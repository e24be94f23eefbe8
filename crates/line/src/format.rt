// Formats: how a character is put into a frame.
ghost use Rattle.std.specs.Prelude.{◌≡◌, ℕ, ◌+◌, ◌^◌, ◌<◌, ◌≤◌, replicate, MatchBool, MatchResult};
ghost use Rattle.line.specs.Levels.{number, low_bits};
ghost use Rattle.line.specs.Frames.{data_count, width, first_stop, frame_bits, parity_bits, parity_count, stop_count, frame};
ghost use Rattle.line.specs.declared.level.Level.TheVariants.{Mark};
ghost use Rattle.line.specs.Formats.{NumberedBy, address_count, parity_number, Numbers, Agree, agree};

use super::refusal::Refusal;

#[derive(Clone, Copy, PartialEq, Eq, Debug)]
pub enum DataBits {
    Seven = 7,
    Eight = 8,
}

#[derive(Clone, Copy, PartialEq, Eq, Debug)]
pub enum Parity {
    Absent = 0,
    Odd = 1,
    Even = 2,
}

#[derive(Clone, Copy, PartialEq, Eq, Debug)]
pub enum StopBits {
    One = 1,
    Two = 2,
}

#[derive(Clone, Copy, PartialEq, Eq, Debug)]
pub struct Format {
    pub size: DataBits,
    // whether a character carries an address bit above its data bits
    pub address: bool,
    pub parity: Parity,
    pub stops: StopBits,
}

impl From<DataBits> for u8 {
    ghost from_gives = { λ size count. count ≡ data_count size };

    fn from(size: DataBits) -> u8 {
        size as u8
    }
}

impl TryFrom<u8> for DataBits {
    type Error = Refusal;

    ghost try_from_gives = { λ count result. NumberedBy data_count count result };

    fn try_from(count: u8) -> Result<DataBits, Refusal> {
        match count {
            7 => Ok(DataBits::Seven),
            8 => Ok(DataBits::Eight),
            _ => Err(Refusal::OutOfRange),
        }
    }
}

impl From<StopBits> for u8 {
    ghost from_gives = { λ stops count. count ≡ stop_count stops };

    fn from(stops: StopBits) -> u8 {
        stops as u8
    }
}

// 0 is none, 1 odd, 2 even.
impl TryFrom<u8> for Parity {
    type Error = Refusal;

    ghost try_from_gives = { λ number result. NumberedBy parity_number number result };

    fn try_from(number: u8) -> Result<Parity, Refusal> {
        match number {
            0 => Ok(Parity::Absent),
            1 => Ok(Parity::Odd),
            2 => Ok(Parity::Even),
            _ => Err(Refusal::OutOfRange),
        }
    }
}

impl TryFrom<u8> for StopBits {
    type Error = Refusal;

    ghost try_from_gives = { λ count result. NumberedBy stop_count count result };

    fn try_from(count: u8) -> Result<StopBits, Refusal> {
        match count {
            1 => Ok(StopBits::One),
            2 => Ok(StopBits::Two),
            _ => Err(Refusal::OutOfRange),
        }
    }
}

// Whether so many address bits are one. It is no `TryFrom`, since both that and `bool` are the library's.
fn address_bit(count: u8) -> Result<bool, Refusal>
    ensures { NumberedBy address_count count result }
{
    match count {
        0 => Ok(false),
        1 => Ok(true),
        _ => Err(Refusal::OutOfRange),
    }
}

impl Format {
    // The format with so many data, address and stop bits, and parity 0 for none, 1 for odd, 2 for even. It is no `TryFrom`: as a tuple
    // the four numbers would not say which is which.
    pub fn from_numbers(
        data_bits: u8,
        address_bits: u8,
        parity: u8,
        stop_bits: u8,
    ) -> Result<Format, Refusal>
        ensures { MatchResult result (λ f. Numbers f data_bits address_bits parity stop_bits) (λ e. (e ≡ Refusal.OutOfRange) × ((f : Format) → Numbers f data_bits address_bits parity stop_bits → ⊥)) }
    {
        Ok(Format {
            size: DataBits::try_from(data_bits)?,
            address: address_bit(address_bits)?,
            parity: Parity::try_from(parity)?,
            stops: StopBits::try_from(stop_bits)?,
        })
    }

    // Whether two formats agree, which they do where they differ in nothing but the stop bits.
    pub fn agrees(self, other: Format) -> bool
        ensures test { result ≡ agree self other }
        ensures cases { MatchBool result (Agree self other) (Agree self other → ⊥) }
    {
        self.size == other.size && self.address == other.address && self.parity == other.parity
    }

    // How many bits a character has.
    pub fn width(self) -> usize
        ensures { result ≡ width self }
    {
        usize::from(u8::from(self.size)) + usize::from(self.address)
    }

    // The number of the first stop bit, the start bit being bit 0.
    pub fn first_stop(self) -> usize
        ensures { result ≡ first_stop self }
    {
        match self.parity {
            Parity::Absent => 1 + self.width(),
            Parity::Odd | Parity::Even => 2 + self.width(),
        }
    }

    // How many bits a frame has.
    pub fn bits(self) -> usize
        ensures { result ≡ frame_bits self }
    {
        self.first_stop() + usize::from(u8::from(self.stops))
    }

    // The number of characters: each is below it.
    pub fn characters(self) -> u16
        ensures value { result ≡ 2 ^ width self }
        ensures bound { result ≤ 512 }
    {
        1 << self.width()
    }

    // The parity bit of a character as a binary digit, mark being 1; 0 where the format has none.
    pub fn parity_bit(self, character: u16) -> u16
        ensures value { result ≡ number (parity_bits self.parity (low_bits (width self) character)) }
        ensures bound { result < 2 }
    {
        let marks = (character % self.characters()).count_ones();
        match self.parity {
            Parity::Absent => 0,
            Parity::Odd => u16::from(marks % 2 == 0),
            Parity::Even => u16::from(marks % 2 == 1),
        }
    }

    // How many values the parity bit has: one where there is none.
    pub fn parity_values(self) -> u16
        ensures value { result ≡ 2 ^ parity_count self.parity }
        ensures bound { result ≤ 2 }
    {
        match self.parity {
            Parity::Absent => 1,
            Parity::Odd | Parity::Even => 2,
        }
    }

    fn stop_digits(self) -> u16
        ensures value { result ≡ number (replicate (stop_count self.stops) Mark) }
        ensures bound { result ≤ 3 }
    {
        match self.stops {
            StopBits::One => 1,
            StopBits::Two => 3,
        }
    }

    // The frame of a character as binary digits, bit 0 of the frame being the least significant.
    pub fn frame(self, character: u16) -> u16
        ensures value { result ≡ number (frame self character) }
        ensures bound { result < 2 ^ 13 }
    {
        let characters = self.characters();
        let above = self.parity_bit(character) + self.parity_values() * self.stop_digits();
        2 * (character % characters + characters * above)
    }
}
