// Why a call declines. A call that declines changes nothing and answers one of these.
ghost use Rattle.std.specs.Prelude.{◌≡◌};
ghost use Rattle.line.specs.Refusals.{number_of};

#[derive(Clone, Copy, PartialEq, Eq, Debug)]
pub enum Refusal {
    // a format, a setting or a rate is out of its range
    OutOfRange = 1,
    // a character has more bits than the format
    TooWide = 2,
    // as many characters wait as the sender has room for
    Full = 3,
    // no received character is unread
    NothingUnread = 4,
    // sender and receiver have formats that do not agree
    FormatsDiffer = 5,
    // a buffer is too short, or more than 4,096 characters are to be drawn
    TooShort = 6,
    // a byte that stands for a level is neither 0 nor 1
    NotALevel = 7,
    // there is no register at the address
    NoSuchRegister = 8,
    // the register cannot be written now
    Closed = 9,
    // the chip is released from reset with SYNC set
    SyncSet = 10,
}

// The number by which programs in other languages know it.
impl From<Refusal> for u8 {
    ghost from_gives = { λ refusal number. number ≡ number_of refusal };

    fn from(refusal: Refusal) -> u8 {
        refusal as u8
    }
}
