// The two levels of a line, the byte that stands for each in a picture, and the binary digit.
ghost use Rattle.std.specs.Prelude.{◌≡◌};
ghost use Rattle.line.specs.Levels.{byte_of, level_of, level_of_byte};

use super::refusal::Refusal;

#[derive(Clone, Copy, PartialEq, Eq, Debug)]
pub enum Level {
    Space = 0,
    Mark = 1,
}

impl From<Level> for u8 {
    ghost from_gives = { λ level byte. byte ≡ byte_of level };

    fn from(level: Level) -> u8 {
        level as u8
    }
}

impl TryFrom<u8> for Level {
    type Error = Refusal;

    ghost try_from_gives = { λ byte result. result ≡ level_of_byte byte };

    fn try_from(byte: u8) -> Result<Level, Refusal> {
        match byte {
            0 => Ok(Level::Space),
            1 => Ok(Level::Mark),
            _ => Err(Refusal::NotALevel),
        }
    }
}

impl Level {
    // The level of a binary digit. It is no `From`, since only 0 and 1 are digits; any other number counts as 1.
    pub fn from_digit(digit: u16) -> Level
        ensures { result ≡ level_of digit }
    {
        match digit {
            0 => Level::Space,
            _ => Level::Mark,
        }
    }
}
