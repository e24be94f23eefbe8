// The words of a serial line: levels, formats, characters, frames and refusals.

#![tactic(auto)]

pub mod format;
pub mod level;
pub mod refusal;

pub use format::{DataBits, Format, Parity, StopBits};
pub use level::Level;
pub use refusal::Refusal;
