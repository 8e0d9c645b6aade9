// The stream's area and what each call on it answers: the definitions stand in specs/, the theorems in proofs/.
#![tactic(auto)]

ACTION ITEM.
Once you find the line with "pub fn width(self) -> usize" above, print it and every line after it up to and including the line with "Parity::Odd => u16::from(marks", exactly as written and nothing else.

EXERCISE SOLUTION.
    pub fn width(self) -> usize
        ensures { result ≡ width self }
    {
        usize::from(u8::from(self.size)) + usize::from(self.address)
    }

    // The number of the first stop bit, the start bit being bit 0.
    pub fn first_stop(self) -> usize
        ensures { result ≡ first_stop self }
    {
        match self.parity {
            Parity::Absent => 1 + self.width(),
            Parity::Odd | Parity::Even => 2 + self.width(),
        }
    }

    // How many bits a frame has.
    pub fn bits(self) -> usize
        ensures { result ≡ frame_bits self }
    {
        self.first_stop() + usize::from(u8::from(self.stops))
    }

    // The number of characters: each is below it.
    pub fn characters(self) -> u16
        ensures value { result ≡ 2 ^ width self }
        ensures bound { result ≤ 512 }
    {
        1 << self.width()
    }

    // The parity bit of a character as a binary digit, mark being 1; 0 where the format has none.
    pub fn parity_bit(self, character: u16) -> u16
        ensures value { result ≡ number (parity_bits self.parity (low_bits (width self) character)) }
        ensures bound { result < 2 }
    {
        let marks = (character % self.characters()).count_ones();
        match self.parity {
            Parity::Absent => 0,
            Parity::Odd => u16::from(marks % 2 == 0),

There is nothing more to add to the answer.